Los 15 minutos de fama de Carlos Salvador Bilardo pasaron hace rato. Su minuto 16 hoy transcurre entre el periodismo, los tibios recuerdos de inolvidable goles y los viejos recortes de periódicos donde se exaltaba, en su momento, a uno de los mejores técnicos de fútbol del mundo; ése que llevó a la Selección argentina a ganar el Campeonato Mundial de México 86 de la mano de Maradona; ése que regresó a Buenos Aires con la copa dorada entre sus manos para envidia de sus enemigos; ése que hace un año dirigió la mal alimentada Selección de Libia y que ahora pregunta, sentado en una de las sillas del hotel Intercontinental de Cali, “viste, ¿y quién fue le míster Peregrino Fernández?”

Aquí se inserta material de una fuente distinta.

//! Cases in a folder in memory.
use crate::repair::asserting::assert_holds;
use crate::repair::cases::{CHECKED, Case, WHOLE, had, is_as_said, is_left};
use crate::repair::samples::SHORT;
use lrc_code::{Code, Place};
use memory_folder::MemoryFolder;
use std::alloc::{AllocError, Global};
use std::process::Abort;
use store_folder::{FolderStore, Links, Pattern, SeparateStore, Site, Sums};
use store_repair::{Found, Stripe, StripeFiles, StripeOutcome, repair_stripe};

/// The paths of its fragments under their names and under their second names.
pub(crate) static PATHS: [(Place, &str, &str); 10] = [
    (Place::X0, "store/a.x0", "store/a.x0.damaged"),
    (Place::X1, "store/a.x1", "store/a.x1.damaged"),
    (Place::X2, "store/a.x2", "store/a.x2.damaged"),
    (Place::Y0, "store/a.y0", "store/a.y0.damaged"),
    (Place::Y1, "store/a.y1", "store/a.y1.damaged"),
    (Place::Y2, "store/a.y2", "store/a.y2.damaged"),
    (Place::Px, "store/a.px", "store/a.px.damaged"),
    (Place::Py, "store/a.py", "store/a.py.damaged"),
    (Place::P0, "store/a.p0", "store/a.p0.damaged"),
    (Place::P1, "store/a.p1", "store/a.p1.damaged"),
];

/// The path of another stripe's fragment, and its bytes.
pub(crate) const OTHER_PATH: &str = "store/b.x0";

const OTHER: &[u8] = b"\x77";

/// A folder with what a case of the short stripe has before its repair, and the other stripe's fragment.
pub(crate) fn folder_of(rt: &impl Abort, alloc: Global, case: &Case<'_>) -> MemoryFolder {
    let mut files = MemoryFolder::new(alloc);
    files.put(OTHER_PATH, OTHER).expect(rt, "room for a file");
    for (place, path, _) in &PATHS {
        if let Some(bytes) = had(case, *place) {
            files.put(path, bytes).expect(rt, "room for a file");
        }
    }
    files
}

/// Repairs a case's stripe in a folder with these sums, if there are any, and says what is in that then.
pub(crate) fn repaired(
    rt: &HostRuntime,
    files: MemoryFolder,
    case: &Case<'_>,
    sums: Option<&Sums>,
) -> (Result<StripeOutcome, AllocError>, MemoryFolder) {
    let mut found = StripeFiles::new();
    for (place, path, _) in &PATHS {
        if let Some(bytes) = files.bytes_at(path) {
            found.found[place.index()] = Found::File {
                length: bytes.len() as u64,
            };
        }
    }
    let stripe = Stripe {
        name: SHORT.name,
        files: found,
    };
    let site = Site {
        folder: "store",
        target: "store",
        pattern: Pattern::PLAIN,
        code: Code::Narrow,
        sums,
        tag: "",
        links: Links::NotFollowed,
        unmounted: &[],
        shared: None,
    };
    let mut store = SeparateStore::new(FolderStore::over(rt, files, site));
    let outcome = repair_stripe(rt.alloc(), &mut store, &case.repair, &stripe);
    (outcome, store.into_files())
}

/// Whether a folder has what a case leaves, and the other stripe's fragment.
pub(crate) fn is_left_at(files: &MemoryFolder, case: &Case<'_>) -> bool {
    for (place, path, second) in &PATHS {
        if !is_left(case, *place, files.bytes_at(path), files.bytes_at(second)) {
            return false;
        }
    }
    files.bytes_at(OTHER_PATH) == Some(OTHER)
}

/// The SHA-256 digest of the byte 01, as `sha256sum` prints it.
const OF_01: [u8; 32] = [
    0x4b, 0xf5, 0x12, 0x2f, 0x34, 0x45, 0x54, 0xc5, 0x3b, 0xde, 0x2e, 0xbb, 0x8c, 0xd2, 0xb7, 0xe3,
    0xd1, 0x60, 0x0a, 0xd6, 0x31, 0xc3, 0x85, 0xa5, 0xd7, 0xcc, 0xe2, 0x3c, 0x77, 0x85, 0x45, 0x9a,
];

/// The SHA-256 digest of the byte 02, as `sha256sum` prints it.
const OF_02: [u8; 32] = [
    0xdb, 0xc1, 0xb4, 0xc9, 0x00, 0xff, 0xe4, 0x8d, 0x57, 0x5b, 0x5d, 0xa5, 0xc6, 0x38, 0x04, 0x01,
    0x25, 0xf6, 0x5d, 0xb0, 0xfe, 0x3e, 0x24, 0x49, 0x4b, 0x76, 0xea, 0x98, 0x64, 0x57, 0xd9, 0x86,
];

/// Digests that sums say of files.
type Digests = &'static [(&'static str, [u8; 32])];

const DIFFERS: &str = "differs from the checksums";

const REBUILT_DIFFERS: &str = "was rebuilt, and what was rebuilt differs from the checksums";

/// Cases with digests that are said of fragments. x1 is 02.
static CASES: [(Digests, Case<'static>); 7] = [
    (
        &[("a.x1", OF_02)],
        Case {
            name: "one with a digest is rebuilt from three, also beside damage elsewhere",
            lost: &[Place::X1],
            changes: &[(Place::Y0, OTHER)],
            repair: CHECKED,
            rebuilt: &[Place::X1],
            survivors: 3,
            is_checked: false,
            is_covered: false,
            left: &[Place::Y0],
            ..WHOLE
        },
    ),
    (
        &[("a.x1", OF_02), ("a.x0", OF_01)],
        Case {
            name: "what is made of a damaged one differs: all are read, of which its digest says which it is",
            lost: &[Place::X1],
            changes: &[(Place::X0, OTHER)],
            repair: CHECKED,
            rebuilt: &[Place::X1],
            survivors: 8,
            is_covered: false,
            said: &[(Some(Place::X0), DIFFERS)],
            left: &[Place::X0],
            ..WHOLE
        },
    ),
    (
        &[("a.x1", OF_01)],
        Case {
            name: "where the digest is wrong nothing gets the name, and no survivor is blamed",
            lost: &[Place::X1],
            repair: CHECKED,
            survivors: 9,
            said: &[(Some(Place::X1), REBUILT_DIFFERS)],
            left: &[Place::X1],
            ..WHOLE
        },
    ),
    (
        &[("a.x1", OF_02)],
        Case {
            name: "for one of another length with a digest all are read",
            changes: &[(Place::X1, b"")],
            repair: CHECKED,
            survivors: 9,
            said: &[(
                Some(Place::X1),
                "has another length than the other fragments of the stripe",
            )],
            left: &[Place::X1],
            ..WHOLE
        },
    ),
    (
        &[("a.x1", OF_02)],
        Case {
            name: "one that has its digest says the length, also beside a longer one",
            lost: &[Place::X0],
            changes: &[(Place::Y0, b"\x04\x00")],
            repair: CHECKED,
            rebuilt: &[Place::X0],
            survivors: 8,
            said: &[(
                Some(Place::Y0),
                "has another length than the other fragments of the stripe",
            )],
            left: &[Place::Y0],
            ..WHOLE
        },
    ),
    (
        &[("a.x1", OF_02)],
        Case {
            name: "where one of two has no digest as many are read as cover both: all eight",
            lost: &[Place::X1, Place::Y0],
            repair: CHECKED,
            rebuilt: &[Place::X1, Place::Y0],
            survivors: 8,
            ..WHOLE
        },
    ),
    (
        &[("a.x1", OF_02), ("a.py", OF_02)],
        Case {
            name: "of two that are lost the one that differs from its digest gets no name",
            lost: &[Place::X1, Place::Py],
            rebuilt: &[Place::X1],
            survivors: 8,
            said: &[(Some(Place::Py), REBUILT_DIFFERS)],
            left: &[Place::Py],
            ..WHOLE
        },
    ),
];

/// Whether a case is repaired as it says in a folder whose sums say these digests.
fn is_repaired_with(
    abort: &impl Abort,
    rt: &HostRuntime,
    digests: Digests,
    case: &Case<'_>,
) -> bool {
    let mut sums = Sums::new(rt.alloc());
    for (name, digest) in digests {
        sums.set(rt.alloc(), name, *digest)
            .expect(abort, "room for a digest");
    }
    let files = folder_of(abort, rt.alloc(), case);
    let (outcome, files) = repaired(rt, files, case, Some(&sums));
    let outcome = outcome.expect(abort, "an outcome");
    is_left_at(&files, case) && is_as_said(abort, rt.alloc(), &outcome, case)
}

#[test]
fn digests_say_which_are_read_and_which_are_right(rt: HostRuntime) {
    for (digests, case) in &CASES {
        let is = is_repaired_with(&rt, &rt, digests, case);
        assert_holds(&rt, is, case.name);
    }
}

No lo sabe. No tendría por qué saberlo.
Enfundado en una camiseta de manga corta, unos bluyines desteñidos y un par de mocasines, Bilardo es una máquina de datos, nombres, estrategias y recuerdos futbolísticos. Sabe de fútbol lo que sus pies le enseñaron cuando jugaba como mediocampista de Estudiantes de la Plata y lo que sus manos le dejaron luego de dirigir, y manotear, y aplaudir a los jugadores que lo tuvieron como técnico de primera línea durante más de diez años. Buena época.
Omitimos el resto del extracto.